Column #8 Motherland magazine

I read the word expectation last week. It leapt from the page, very much alive, and embedded itself into my mind. So now, whether I like it or not, it’s the word of the week.

I’ve been looking at it. And its been looking at me. Arms crossed, staring me out. Turns out that expectation gets everywhere. Big revelation, eh? Shouldn’t be. But it feels big. Mind-blowing, even. As usual – annoyingly – it revealed I wasn’t as much off the hook with things as I thought.

Here’s what happens if I honestly evaluate why I feel disappointed or let down: I end up back at myself, and my unwitting expectations. When I’m not being honest, I just watch the side-shows. Other people and what they do (or don’t do) can be terribly distracting. I have a habit of dissolving myself on command. And when you’re in a state of dissolution, it’s amazing how everything comes down to the other person’s actions. Those sideshows! They’re so good. Watching people trying to juggle and dropping a ball. Or with squinted eyes, seeing a situation drift off, meld with the shadows, and grieving its departure.

It’s super easy to think you’re watching rather than playing a part. Yet your expectation sets the context for you. And context is all. Think of it like constructing a stage set in the vast horizon of human interaction. Only you can see it, but you expect everything that passes through to adhere to its boundaries, and follow your script. Chances of this working out? Highly unlikely.

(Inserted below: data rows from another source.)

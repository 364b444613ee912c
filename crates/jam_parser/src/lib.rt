//! The tree of tokens, or the first token at which there is none.
//!
//! # What is proved
//!
//! - The tree of a file, or its first syntax error, is exactly that of the grammar.
#![tactic(auto)]

mod args;
mod exprs;
pub mod fault;
mod heading;
mod params;
pub mod parse;
mod reading;
mod simple;
mod start;
mod stmts;
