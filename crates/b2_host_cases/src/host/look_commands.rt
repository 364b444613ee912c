//! Commands that look at the host in memory.
use crate::answers::push_ended;
use crate::host_calls::file_command;
use b2_base::path::Path;
use b2_host::children::ChildEvent;
use b2_memory::memory::MemoryHost;
use b2_memory::memory_job::MemoryJob;
use std::alloc::Global;
use transcript::answer::Answer;
use transcript::case_fault::CaseFault;
use transcript::command::Command;

fn push_event(answer: &mut Answer, event: ChildEvent) {
    match event {
        ChildEvent::Start(step) => {
            answer.put("Start ");
            answer.put_number(step as u64);
            answer.end_line();
        }
        ChildEvent::Done(step, well) => {
            answer.put("Done ");
            push_ended(answer, step, well);
        }
    }
}

/// `events`: what happened to the children.
fn events(alloc: Global, host: &MemoryHost) -> Result<Answer, CaseFault> {
    let mut answer = Answer::new(alloc);
    for event in host.events() {
        push_event(&mut answer, *event);
    }
    Ok(answer)
}

/// Adds a path and what the file there holds, and ends the line.
fn push_contents(answer: &mut Answer, path: &Path, bytes: &[u8]) {
    answer.put(path.as_str());
    answer.put(" \"");
    answer.put_bytes(bytes);
    answer.push_line("\"");
}

/// Shows a file with the stamp that it has or had.
fn push_file(answer: &mut Answer, stamp: u64, path: &Path, bytes: &[u8]) {
    answer.put_number(stamp);
    answer.put(" ");
    push_contents(answer, path, bytes);
}

/// `files`: the files that stand, in order of stamps.
fn files(alloc: Global, host: &MemoryHost) -> Result<Answer, CaseFault> {
    let mut answer = Answer::new(alloc);
    for (place, version) in host.past().iter().enumerate() {
        let stamp = place as u64 + 1;
        if host.stamp_of(&version.path) == Some(stamp) {
            push_file(&mut answer, stamp, &version.path, host.bytes_of(version));
        }
    }
    Ok(answer)
}

/// `past`: the files that stood or stand, in order of stamps.
fn past(alloc: Global, host: &MemoryHost) -> Result<Answer, CaseFault> {
    let mut answer = Answer::new(alloc);
    for (place, version) in host.past().iter().enumerate() {
        let stamp = place as u64 + 1;
        push_file(&mut answer, stamp, &version.path, host.bytes_of(version));
    }
    Ok(answer)
}

/// Adds what a start gave, as the words of a `start`.
fn put_job(answer: &mut Answer, job: &MemoryJob) {
    answer.put_number(job.step as u64);
    answer.put(" \"");
    answer.put(job.text.as_str());
    answer.put("\"");
    answer.put_paths(job.ins.as_slice());
    answer.put(" >");
    answer.put_paths(job.outs.as_slice());
}

/// `running`: the children that run, in order of start, each with how it is to end.
fn running(alloc: Global, host: &MemoryHost) -> Result<Answer, CaseFault> {
    let mut answer = Answer::new(alloc);
    for child in host.running() {
        put_job(&mut answer, child.job.as_ref());
        answer.push_line(if child.well { ", well" } else { ", badly" });
    }
    Ok(answer)
}

/// Shows what a start gave, and below it the inputs that stood then, with their bytes.
fn push_given(answer: &mut Answer, job: &MemoryJob) {
    put_job(answer, job);
    answer.end_line();
    for entry in &job.held {
        answer.put("held ");
        push_contents(answer, &entry.path, entry.bytes.as_ref().as_slice());
    }
}

/// `given`: what each start gave.
fn given(alloc: Global, host: &MemoryHost) -> Result<Answer, CaseFault> {
    let mut answer = Answer::new(alloc);
    for job in host.given() {
        push_given(&mut answer, job.as_ref());
    }
    Ok(answer)
}

/// `faults`: how often a call failed, and how often a wait did.
fn faults(alloc: Global, host: &MemoryHost) -> Result<Answer, CaseFault> {
    let mut answer = Answer::new(alloc);
    answer.put_number(host.fault_count());
    answer.put(", waits ");
    answer.put_number(host.failed_wait_count());
    answer.end_line();
    Ok(answer)
}

/// Carries out a command that looks at the files of the host, or one on files. `reads` shows the paths of the reads that were
/// answered.
fn look_at_files(
    alloc: Global,
    host: &mut MemoryHost,
    command: &Command,
) -> Result<Answer, CaseFault> {
    match command.name() {
        "files" => files(alloc, host),
        "past" => past(alloc, host),
        "reads" => Answer::paths(alloc, host.reads()),
        _ => file_command(alloc, host, command),
    }
}

/// Carries out a command that looks at the host, or one on files.
pub fn look_command(
    alloc: Global,
    host: &mut MemoryHost,
    command: &Command,
) -> Result<Answer, CaseFault> {
    match command.name() {
        "events" => events(alloc, host),
        "running" => running(alloc, host),
        "given" => given(alloc, host),
        "faults" => faults(alloc, host),
        _ => look_at_files(alloc, host, command),
    }
}
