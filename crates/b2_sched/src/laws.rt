//! What holds over any list of calls, and where a scheduler was told what a run has.
ghost use Rattle.b2_sched.specs.Histories.{LooksByCalls, NeedsByCalls, EndsByCalls};
ghost use Rattle.b2_sched.specs.Joins.{SettledJoins, NeededJoins, LeftJoins, SkippedJoins, StuckJoins, NoneStuckJoins, QuitsStuckNone, CycleJoins, CanStartJoins, NextJoins, NoneJoins};

/// A step can be looked at where it is needed and not judged, and was not looked at yet or has a need that settled since.
pub fn looks_by_calls()
    ensures { LooksByCalls }
{}

/// A step needs those that were told.
pub fn needs_by_calls()
    ensures { NeedsByCalls }
{}

/// A step is settled, or has failed, where that was told.
pub fn ends_by_calls()
    ensures { EndsByCalls }
{}

/// A needed step that is settled in a run, done well or fresh, is settled where nothing is to be looked at or judged.
pub fn settled_joins()
    ensures { SettledJoins }
{}

/// The needed steps are those of a run.
pub fn needed_joins()
    ensures { NeededJoins }
{}

/// The steps that are left are those of a run.
pub fn left_joins()
    ensures { LeftJoins }
{}

/// The skipped steps are those of a run.
pub fn skipped_joins()
    ensures { SkippedJoins }
{}

/// The stuck steps are those of a run, unless it quits.
pub fn stuck_joins()
    ensures { StuckJoins }
{}

/// Where none is stuck, none is in a run.
pub fn none_stuck_joins()
    ensures { NoneStuckJoins }
{}

/// Where a run quits, none is stuck in it.
pub fn quits_stuck_none()
    ensures { QuitsStuckNone }
{}

/// The cycle is that of a run, unless it quits.
pub fn cycle_joins()
    ensures { CycleJoins }
{}

/// The steps that can start are those of a run.
pub fn can_start_joins()
    ensures { CanStartJoins }
{}

/// The step that is started next may start in a run, unless it quits.
pub fn next_joins()
    ensures { NextJoins }
{}

/// Where none is started, or the run quits, none can start in it.
pub fn none_joins()
    ensures { NoneJoins }
{}
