//! The current map, host and sink.
use crate::answers::bytes_answer;
use crate::host::text_commands::text_command;
use crate::host_calls::write;
use b2_base::fault::OutOfMemory;
use b2_base::text::Text;
use b2_base::text_map::TextMap;
use b2_memory::memory::MemoryHost;
use b2_memory::memory_sink::MemorySink;
use std::alloc::Global;
use std::mem::ManuallyDrop;
use transcript::answer::Answer;
use transcript::case_fault::CaseFault;
use transcript::command::{Command, Word};
use transcript::session::Session;
use transcript::words::{both, no_words, number, only, own_text, text};

/// A map, a host and a sink, each as it was made. A map or a host that another one takes the place of stays until the process
/// ends, so that none is taken apart.
#[derive(Drop)]
pub struct HostSession {
    map: ManuallyDrop<TextMap<Text>>,
    host: ManuallyDrop<MemoryHost>,
    sink: MemorySink,
}

/// `insert TEXT VALUE`: gives a text a value in the map, and answers the one before.
fn insert(alloc: Global, map: &mut TextMap<Text>, words: &[Word]) -> Result<Answer, CaseFault> {
    let (name, value) = both(words)?;
    let name = text(alloc, name)?;
    let value = own_text(alloc, value)?;
    let before = ManuallyDrop::new(map.insert(ManuallyDrop::into_inner(name), value)?);
    match &*before {
        None => Answer::line(alloc, "none"),
        Some(before) => Answer::line(alloc, before.as_str()),
    }
}

/// `get TEXT`: the value of a text in the map.
fn get(alloc: Global, map: &TextMap<Text>, words: &[Word]) -> Result<Answer, CaseFault> {
    let name = text(alloc, only(words)?)?;
    match map.get(&name) {
        None => Answer::line(alloc, "none"),
        Some(value) => Answer::line(alloc, value.as_str()),
    }
}

/// `fail_at WRITE`: lets one write fail.
fn fail_at(alloc: Global, sink: &mut MemorySink, words: &[Word]) -> Result<Answer, CaseFault> {
    sink.fail_at(number(only(words)?)?);
    Ok(Answer::new(alloc))
}

impl HostSession {
    /// An empty map, a host without files or children, and a sink without bytes.
    pub fn new(alloc: Global) -> Result<HostSession, OutOfMemory> {
        Ok(HostSession {
            map: ManuallyDrop::new(TextMap::new(alloc)),
            host: ManuallyDrop::new(MemoryHost::new(alloc)?),
            sink: MemorySink::new(alloc),
        })
    }

    fn renew(&mut self, alloc: Global, words: &[Word]) -> Result<Answer, CaseFault> {
        no_words(words)?;
        *self = HostSession::new(alloc)?;
        Ok(Answer::new(alloc))
    }
}

/// Carries out a command on the sink, or another one that asks for no more than a host. `bytes` shows what was written, and
/// `sink_faults` how often a write failed.
fn sink_command(
    alloc: Global,
    sink: &mut MemorySink,
    host: &mut MemoryHost,
    command: &Command,
) -> Result<Answer, CaseFault> {
    match command.name() {
        "write" => write(alloc, sink, command.words()),
        "fail_at" => fail_at(alloc, sink, command.words()),
        "bytes" => bytes_answer(alloc, sink.bytes()),
        "sink_faults" => Answer::number(alloc, sink.fault_count()),
        _ => text_command(alloc, host, command),
    }
}

impl Session for HostSession {
    fn carry_out(&mut self, alloc: Global, command: &Command) -> Result<Answer, CaseFault> {
        match command.name() {
            "new" => self.renew(alloc, command.words()),
            "insert" => insert(alloc, &mut *self.map, command.words()),
            "get" => get(alloc, &*self.map, command.words()),
            _ => sink_command(alloc, &mut self.sink, &mut *self.host, command),
        }
    }
}
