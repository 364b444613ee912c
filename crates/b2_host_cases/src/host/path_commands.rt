//! Commands on paths.
use crate::host::plan_commands::plan_command;
use b2_base::path::{Path, PathFault};
use b2_base::path_list::{PathList, copy_paths};
use b2_memory::memory::MemoryHost;
use std::alloc::Global;
use std::cmp::Ordering;
use std::mem::ManuallyDrop;
use transcript::answer::Answer;
use transcript::case_fault::CaseFault;
use transcript::command::{Command, Word};
use transcript::words::{both, only, path, paths};

/// `normal TEXT`: the normal form.
fn normal(alloc: Global, words: &[Word]) -> Result<Answer, CaseFault> {
    match Path::normal(alloc, only(words)?) {
        Ok(path) => {
            let path = ManuallyDrop::new(path);
            Answer::line(alloc, path.as_str())
        }
        Err(PathFault::Empty) => Answer::line(alloc, "Empty"),
        Err(PathFault::Nul) => Answer::line(alloc, "Nul"),
        Err(PathFault::OutOfMemory) => Err(CaseFault::OutOfMemory),
    }
}

/// `under PATH DIR`: whether the path lies below the folder.
fn under(alloc: Global, words: &[Word]) -> Result<Answer, CaseFault> {
    let (one, dir) = both(words)?;
    let (path, dir) = (path(alloc, one)?, path(alloc, dir)?);
    Answer::truth(alloc, path.under(&dir))
}

fn order_name(order: Ordering) -> &'static str {
    match order {
        Ordering::Less => "Less",
        Ordering::Equal => "Equal",
        Ordering::Greater => "Greater",
    }
}

/// `cmp PATH PATH`: how a copy of the first one stands to the second.
fn cmp(alloc: Global, words: &[Word]) -> Result<Answer, CaseFault> {
    let (one, other) = both(words)?;
    let one = path(alloc, one)?;
    let other = path(alloc, other)?;
    let copy = ManuallyDrop::new(one.copy()?);
    Answer::line(alloc, order_name(copy.cmp(&other)))
}

/// `paths PATH ..`: a copy of a list of paths, made of a vector of them again.
fn path_list(alloc: Global, words: &[Word]) -> Result<Answer, CaseFault> {
    let given = paths(alloc, words)?;
    let copies = copy_paths(alloc, given.as_slice())?;
    let list = ManuallyDrop::new(PathList::from_vec(copies.into_vec()));
    Answer::paths(alloc, list.as_slice())
}

/// Carries out a command on paths, or another one.
pub fn path_command(
    alloc: Global,
    host: &mut MemoryHost,
    command: &Command,
) -> Result<Answer, CaseFault> {
    let words = command.words();
    match command.name() {
        "normal" => normal(alloc, words),
        "under" => under(alloc, words),
        "cmp" => cmp(alloc, words),
        "paths" => path_list(alloc, words),
        _ => plan_command(alloc, host, command),
    }
}
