//! What became of a step.

/// A step is judged once. A stale one is started once, and settles or fails as it ends; a fresh one settles at once.
#[derive(Clone, Copy)]
pub enum State {
    Unjudged,
    Stale,
    Running,
    Settled,
    Failed,
}
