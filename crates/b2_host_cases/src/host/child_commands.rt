//! Commands on the child processes of the host in memory.
use crate::answers::{ended_answer, io_answer};
use crate::host::free::may_start;
use crate::host::script_commands::script_command;
use b2_base::path::Path;
use b2_base::path_list::PathList;
use b2_host::children::Children;
use b2_memory::memory::MemoryHost;
use std::alloc::Global;
use std::mem::ManuallyDrop;
use transcript::answer::Answer;
use transcript::case_fault::CaseFault;
use transcript::command::{Command, Word};
use transcript::words::{no_words, number, paths};

/// What a child reads and writes, to lend: the paths before the first word `>`, and those after it.
fn ins_and_outs(
    alloc: Global,
    words: &[Word],
) -> Result<(ManuallyDrop<PathList>, ManuallyDrop<PathList>), CaseFault> {
    match words
        .iter()
        .position(|word| word.bytes() == b">".as_slice())
    {
        None => Err(CaseFault::WrongWords),
        Some(place) => {
            let ins = paths(alloc, &words[..place])?;
            let outs = paths(alloc, &words[place + 1..])?;
            Ok((ins, outs))
        }
    }
}

fn start_child(
    alloc: Global,
    host: &mut MemoryHost,
    step: u32,
    text: &str,
    ins: &[Path],
    outs: &[Path],
) -> Result<Answer, CaseFault> {
    if !may_start(host.running(), ins, outs) {
        return Answer::line(alloc, "a child that runs is in the way");
    }
    io_answer(alloc, host.start(step, text, ins, outs))
}

/// `start STEP TEXT IN .. > OUT ..`: starts a child. It needs that no running child is in the way.
fn start(alloc: Global, host: &mut MemoryHost, words: &[Word]) -> Result<Answer, CaseFault> {
    let [step, text, more @ ..] = words else {
        return Err(CaseFault::WrongWords);
    };
    let step = number(step.as_str()?)?;
    let text = text.as_str()?;
    let (ins, outs) = ins_and_outs(alloc, more)?;
    start_child(alloc, host, step, text, ins.as_slice(), outs.as_slice())
}

/// `wait_one`: which child has ended, and how. It needs that one runs.
fn wait_one(alloc: Global, host: &mut MemoryHost, words: &[Word]) -> Result<Answer, CaseFault> {
    no_words(words)?;
    if host.running().is_empty() {
        return Answer::line(alloc, "no child runs");
    }
    ended_answer(alloc, host.wait_one())
}

/// Carries out a command on children, or another one.
pub fn child_command(
    alloc: Global,
    host: &mut MemoryHost,
    command: &Command,
) -> Result<Answer, CaseFault> {
    let words = command.words();
    match command.name() {
        "start" => start(alloc, host, words),
        "wait_one" => wait_one(alloc, host, words),
        _ => script_command(alloc, host, command),
    }
}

There’s a mode of thinking that says not to expect anything so you won’t be disappointed: I am resolutely in the opposite team. Expectations are part of our individuality, our unique constructs for living. They provide unity too, with people and things whose needs and wants match up to ours. And the broad expectations we hope everyone shares – don’t murder someone, don’t steal, don’t cheat – are part of the fabric of society. I’m all for expectation. It has within it real hope. A hope for the very best outcome: therein lies the power for change.

So, don’t expect anything, but expect a great deal. Does that sound contradictory? The more I think about it, the more I think it isn’t. It’s complementary. One cannot be without the other. This is how I think it works: expect the best. Which translates as – imagine the other person, or the situation, has the highest potential possible. Believe in them or it. But believe wisely. Know that people have their own reasons for not meeting your expectations or needs. That works both ways. I’m not actually in a state of dissolution. I do things out of pain, insecurity, error, or just for the hell of it, too.

And when they disappoint? When things don’t meet your expectation? Here’s the plan: don’t translate your own disappointment into de facto permission to judge or feel wildly hurt. They probably have no idea. And, if it happens enough times? Either articulate, or choose to actively stop expecting. Not in the fire-safety blanket sort of way that snuffs everything out. More like a detangling, releasing my feelings from being intertwined in the cords of someone else’s actions. I don’t have to cut ties with them if I don’t want to. But internally? I’ve acknowledged their expectations don’t match mine. So I can stop expecting things they aren’t going to deliver.

I can’t say I’ve done this with a skip and a hop and a blithe grin. But I have discovered that it’s possible to form new expectations. To expect that this is just the way it is. To adjust the script a little. Mostly, rather than trying to direct the others in my life, to concentrate on what I say and do a bit more. Let’s see how that one goes.